EXERCISE> Work through the entries below and show every line in which "ParameterOutOfRange" is found.

(Saved entries)
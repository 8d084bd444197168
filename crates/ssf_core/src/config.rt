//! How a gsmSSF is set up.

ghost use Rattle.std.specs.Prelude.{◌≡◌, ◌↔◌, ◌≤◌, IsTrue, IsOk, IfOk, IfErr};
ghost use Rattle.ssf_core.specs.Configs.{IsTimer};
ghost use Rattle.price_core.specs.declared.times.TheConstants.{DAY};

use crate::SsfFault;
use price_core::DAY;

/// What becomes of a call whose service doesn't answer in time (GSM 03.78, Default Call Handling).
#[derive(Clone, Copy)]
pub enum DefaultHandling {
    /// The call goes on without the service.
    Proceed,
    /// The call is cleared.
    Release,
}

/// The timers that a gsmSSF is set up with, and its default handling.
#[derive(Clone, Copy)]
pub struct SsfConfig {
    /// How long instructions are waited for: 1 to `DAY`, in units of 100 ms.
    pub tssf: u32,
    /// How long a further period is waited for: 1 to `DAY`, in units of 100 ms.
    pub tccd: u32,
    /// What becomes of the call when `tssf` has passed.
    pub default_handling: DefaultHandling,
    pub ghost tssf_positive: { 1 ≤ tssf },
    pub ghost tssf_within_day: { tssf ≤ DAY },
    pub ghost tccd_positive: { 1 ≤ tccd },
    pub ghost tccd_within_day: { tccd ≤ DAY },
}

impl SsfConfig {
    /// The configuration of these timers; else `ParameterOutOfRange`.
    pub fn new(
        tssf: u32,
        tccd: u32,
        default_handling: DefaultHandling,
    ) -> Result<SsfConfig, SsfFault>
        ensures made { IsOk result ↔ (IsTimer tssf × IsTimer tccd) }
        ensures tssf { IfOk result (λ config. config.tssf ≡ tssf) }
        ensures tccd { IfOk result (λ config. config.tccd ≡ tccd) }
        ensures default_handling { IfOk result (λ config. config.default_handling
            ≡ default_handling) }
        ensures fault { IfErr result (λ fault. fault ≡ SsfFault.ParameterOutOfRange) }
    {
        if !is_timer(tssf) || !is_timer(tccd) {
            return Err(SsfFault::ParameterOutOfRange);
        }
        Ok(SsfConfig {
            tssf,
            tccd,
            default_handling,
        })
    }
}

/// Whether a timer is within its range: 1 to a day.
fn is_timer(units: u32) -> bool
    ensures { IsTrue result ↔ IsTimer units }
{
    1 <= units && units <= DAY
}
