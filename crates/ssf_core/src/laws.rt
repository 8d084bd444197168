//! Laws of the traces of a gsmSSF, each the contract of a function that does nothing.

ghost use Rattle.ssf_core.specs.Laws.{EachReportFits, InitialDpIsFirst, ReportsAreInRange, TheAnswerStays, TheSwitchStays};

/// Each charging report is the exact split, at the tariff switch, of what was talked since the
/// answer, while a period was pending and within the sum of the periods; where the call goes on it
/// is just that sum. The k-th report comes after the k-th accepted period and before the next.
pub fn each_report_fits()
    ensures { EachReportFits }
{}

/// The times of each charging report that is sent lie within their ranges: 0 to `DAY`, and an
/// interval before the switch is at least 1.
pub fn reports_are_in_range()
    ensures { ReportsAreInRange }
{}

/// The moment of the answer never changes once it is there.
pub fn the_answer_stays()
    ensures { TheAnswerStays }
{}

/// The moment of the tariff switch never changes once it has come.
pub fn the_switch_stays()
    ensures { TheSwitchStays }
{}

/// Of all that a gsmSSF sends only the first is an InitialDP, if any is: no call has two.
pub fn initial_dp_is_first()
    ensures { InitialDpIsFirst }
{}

SOLUTION FOR THIS EXERCISE>
    /// The configuration of these timers; else `ParameterOutOfRange`.
        ensures fault { IfErr result (λ fault. fault ≡ SsfFault.ParameterOutOfRange) }
            return Err(SsfFault::ParameterOutOfRange);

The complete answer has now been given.